Does Apple owe credits to Microsoft for the 3D Touch technology?

Does Apple owe credits to Microsoft for the 3D Touch technology?

The grandiloquent product launch of Apple today, sounded something like this, "Today we're presenting to you a revolutionary technology of Multi-Touch which is called 3 D Touch, which will make your smartphones respond to Force Touch, achieving an impeccable Pressure-Sensitive Touch." Voila, in a mere 5 seconds, Apple gave birth to 4 synonymous words. That's how laconic as it gets with Apple. However, with due respect to the engineering involved, a 3D touch essentially commensurates to converting your mobile screen into a mouse trackpad. 

As an electronics engineer, I was highly intrigued by this development and I dug deep into the world wide web to explore the working. Extrapolating on the hint provided during the Launch presentation, it is based on the sensors which have been embedded on the display that sense the pressure with which the fingers are pressing the screen. Just like a mouse pad!

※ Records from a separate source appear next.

//! The division of a pass at a par.
ghost use Rattle.std.specs.Prelude.{◌≡◌, ◌<◌, ℕ, false};
ghost use Rattle.psac_values.specs.Steps as values;
ghost use Rattle.psac_readers.specs.Steps as readers;
ghost use Rattle.psac_marks.specs.Steps as marks;
ghost use Rattle.psac_marks.specs.Passes.{Parted};
ghost use Rattle.psac_fork.specs.Whole.{IsOf, HasRoom};
ghost use Rattle.psac_plain.specs.Slots.{env_of};
ghost use Rattle.psac_trace.specs.Divided.{neither, writes_slot, sets_shared};
ghost use Rattle.psac_trace.specs.Fit.{Rooted, both_have};

use psac_fork::{Pass, PassSplit, Tables};
use psac_plain::binding::Binding;
use psac_syntax::Stmt;
use std::marker::Brand;

// Here D is still to be picked, from what is passed.
fn divided<D: PassSplit>(
    tables: &Tables,
    pass: Pass,
    left: &[Stmt],
    right: &[Stmt],
    env: &[Binding],
) -> (Pass, Pass)
    requires of { IsOf pass tables.now }
    requires short { pass.depth < 62 }
    requires room { HasRoom pass }
    requires parted { Parted D.node_shared D.node_right pass.marks.knows }
    ensures of { IsOf result.0 tables.now × IsOf result.1 tables.now }
    ensures left_values { result.0.values.knows ≡ values.left_of D.shared D.to_right pass.values.knows }
    ensures right_values { result.1.values.knows ≡ values.right_of D.shared D.to_right pass.values.knows }
    ensures left_readers { result.0.readers.knows ≡ readers.left_of D.set_shared D.set_right D.link_right pass.readers.knows }
    ensures right_readers { result.1.readers.knows ≡ readers.right_of D.set_shared D.set_right D.link_right pass.readers.knows }
    ensures left_marks { result.0.marks.knows ≡ marks.left_of D.node_shared D.node_right pass.marks.knows }
    ensures right_marks { result.1.marks.knows ≡ marks.right_of D.node_shared D.node_right pass.marks.knows }
{
    let _ = left;
    let _ = right;
    let _ = env;
    pass.fork::<D>(tables)
}

/// What the right side's statements write goes to the right, with the sets of these modifiables, and what neither side writes
/// both know. Each set that both may enter and each node that isn't dropped both have.
#[tactic(auto, using(crate::proofs::Growing::parted))]
pub fn fork_for(
    tables: &Tables,
    pass: Pass,
    left: &[Stmt],
    right: &[Stmt],
    env: &[Binding],
) -> (Pass, Pass)
    requires of { IsOf pass tables.now }
    requires short { pass.depth < 62 }
    requires room { HasRoom pass }
    requires rooted { Rooted pass.marks.knows }
    ensures of { IsOf result.0 tables.now × IsOf result.1 tables.now }
    ensures left_values { result.0.values.knows ≡ values.left_of (neither left.now right.now (env_of env.now)) (writes_slot right.now (env_of env.now)) pass.values.knows }
    ensures right_values { result.1.values.knows ≡ values.right_of (neither left.now right.now (env_of env.now)) (writes_slot right.now (env_of env.now)) pass.values.knows }
    ensures left_readers { result.0.readers.knows ≡ readers.left_of (sets_shared left.now right.now (env_of env.now) pass.values.knows) (writes_slot right.now (env_of env.now)) (λ l. false) pass.readers.knows }
    ensures right_readers { result.1.readers.knows ≡ readers.right_of (sets_shared left.now right.now (env_of env.now) pass.values.knows) (writes_slot right.now (env_of env.now)) (λ l. false) pass.readers.knows }
    ensures left_marks { result.0.marks.knows ≡ marks.left_of (both_have pass.marks.knows) (λ x. false) pass.marks.knows }
    ensures right_marks { result.1.marks.knows ≡ marks.right_of (both_have pass.marks.knows) (λ x. false) pass.marks.knows }
{
    divided::<Brand>(tables, pass, left, right, env)
}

While grousing and browsing through the unfiltered search results for this technology, I landed upon the gold mine - The Patent issued to apple for this technology. According to the patent issued, this technology is able to detect both force and touch using FTIR and capacitive location. Here is a snipped from the patent application abstract:

Capacitive sensing can determine (A) where the finger actually touches, so the touch device more accurately infers applied force; (B) whether finger touches shadow each other; (C) as a baseline for applied force; or (D) whether attenuated reflection is due to a current optical coupling, or is due to an earlier optical coupling, such as a smudge on the cover glass.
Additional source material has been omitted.